## Your task
Word for word, the records below are to be set down again.

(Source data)
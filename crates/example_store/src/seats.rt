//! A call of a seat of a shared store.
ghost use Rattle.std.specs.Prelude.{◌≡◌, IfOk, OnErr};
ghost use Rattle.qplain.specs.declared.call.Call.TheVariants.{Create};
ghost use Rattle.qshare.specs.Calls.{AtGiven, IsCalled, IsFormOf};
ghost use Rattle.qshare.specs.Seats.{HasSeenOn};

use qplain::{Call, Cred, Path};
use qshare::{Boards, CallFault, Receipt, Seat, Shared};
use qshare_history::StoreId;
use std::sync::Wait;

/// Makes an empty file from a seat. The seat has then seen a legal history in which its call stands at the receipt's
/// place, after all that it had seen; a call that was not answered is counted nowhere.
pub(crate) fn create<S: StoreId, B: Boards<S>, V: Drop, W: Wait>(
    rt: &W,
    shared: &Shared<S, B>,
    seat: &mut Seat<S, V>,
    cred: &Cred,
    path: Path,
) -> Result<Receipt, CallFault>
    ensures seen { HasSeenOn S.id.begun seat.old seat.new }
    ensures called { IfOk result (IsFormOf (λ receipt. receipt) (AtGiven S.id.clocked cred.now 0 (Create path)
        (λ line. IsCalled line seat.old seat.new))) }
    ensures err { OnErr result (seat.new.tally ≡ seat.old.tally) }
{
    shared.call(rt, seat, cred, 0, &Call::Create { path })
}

## Problem solution
filename crates/example_store/src/seats.rt
//! A call of a seat of a shared store.
ghost use Rattle.std.specs.Prelude.{◌≡◌, IfOk, OnErr};
ghost use Rattle.qplain.specs.declared.call.Call.TheVariants.{Create};
ghost use Rattle.qshare.specs.Calls.{AtGiven, IsCalled, IsFormOf};
ghost use Rattle.qshare.specs.Seats.{HasSeenOn};

use qplain::{Call, Cred, Path};
use qshare::{Boards, CallFault, Receipt, Seat, Shared};
use qshare_history::StoreId;
use std::sync::Wait;

/// Makes an empty file from a seat. The seat has then seen a legal history in which its call stands at the receipt's
/// place, after all that it had seen; a call that was not answered is counted nowhere.
pub(crate) fn create<S: StoreId, B: Boards<S>, V: Drop, W: Wait>(
    rt: &W,
    shared: &Shared<S, B>,
    seat: &mut Seat<S, V>,
    cred: &Cred,
    path: Path,
) -> Result<Receipt, CallFault>
    ensures seen { HasSeenOn S.id.begun seat.old seat.new }
    ensures called { IfOk result (IsFormOf (λ receipt. receipt) (AtGiven S.id.clocked cred.now 0 (Create path)
        (λ line. IsCalled line seat.old seat.new))) }
    ensures err { OnErr result (seat.new.tally ≡ seat.old.tally) }
{
    shared.call(rt, seat, cred, 0, &Call::Create { path })
}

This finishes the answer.